Intelligent Manufacturing: A Shenzhen mold factory (supplying DJI) deployed sensors to collect spindle load data, using AI (trained on 5,000+ datasets) to extend tool life from 8h to 10–12h, cutting tool breakage from 2% to 0.28% and saving $310k/year. 6-axis robots (±0.02mm repeatability) boosted per capita productivity by 40%.

III. Challenges and Solutions

1. Core Challenges

High-Precision/Complexity Barriers: A 65-inch Mini LED light guide plate mold (for TCL) needs 1.2 million 0.15mm micro-lenses; traditional CNC takes 280h with a 0.5μm PV value (insufficient for ≤0.3μm). Foldable phone hinge molds require 6-way core pulling, with traditional hydraulic systems (0.05s delay) limiting yield to 82%.

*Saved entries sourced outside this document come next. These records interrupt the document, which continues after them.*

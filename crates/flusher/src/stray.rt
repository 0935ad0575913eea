// What is found in the locks of a peer, if it is another peer's.
ghost use Rattle.std.specs.Prelude.{◌≡◌};

use crate::Naming;
use crate::front_desk::FrontDesk;
use crate::tape_desk::TapeDesk;
use disk_model::Disk;

/// What the locks of a peer held, if it is not this peer's front and this peer's tape.
#[derive(Drop)]
pub struct Stray<D: Disk, N: Naming> {
    // The peer's place.
    pub(crate) place: usize,
    pub(crate) front: FrontDesk<N>,
    pub(crate) tape: TapeDesk<D, N>,
    ghost mismatch: { (front.seat.place ≡ place) × (tape.place ≡ place) → ⊥ },
}

impl<D: Disk, N: Naming> Stray<D, N> {
    /// The peer's place in the post's order, counted from 0.
    pub fn place(&self) -> usize
        ensures { result ≡ self.now.place }
    {
        self.place
    }
}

New Material Barriers: PEEK (for high-temperature parts) needs 360–380°C injection; traditional heating causes ±5°C cavity temperature difference, leading to 15% cracking. Carbon nanotube-reinforced PP has uneven fiber orientation, causing ±10% thermal conductivity fluctuation.

Environmental Regulations: The EU’s WEEE Directive (2023) mandates ≥85% plastic recycling, but traditional integrated molds only achieve 55%. China’s 2025 regulations require ≤100ppm heavy metals in plastics, increasing mold costs by 8–10%.

2. Solutions

High-Precision Manufacturing: An enterprise used Okamoto ACC-6000 grinding machines (10,000# CBN wheels) to cut Mini LED mold processing time to 120h and PV value to 0.25μm. Servo-driven core pulling (0.005s response) lifted foldable hinge yield to 99%.

New Material Adaptation: A hot oil heating system (±1°C precision) and nickel-phosphorus alloy cavities reduced PEEK cracking to 1.2%. Dynamic pressure holding (0.8–1.5MPa) and barrier screws controlled PP thermal conductivity fluctuation to ±3%.

Eco-Compliance: A laptop enterprise switched to modular middle frame designs (snap connections), lifting recycling from 55% to 88%. It collaborated with BASF to develop low-VOC recyclable plastics, cutting material costs by 5–7%.

IV. Conclusion

Plastic molds are integral to electronic device casings, packaging, and structural parts. Driven by material, design, and process innovation, they advance toward higher precision, eco-friendliness, and efficiency. While challenges like high-precision barriers and environmental rules exist, solutions such as equipment upgrades and supply chain collaboration are available. Future integration with micro-nano processing and intelligent manufacturing will further support the innovation of the electronic equipment industry.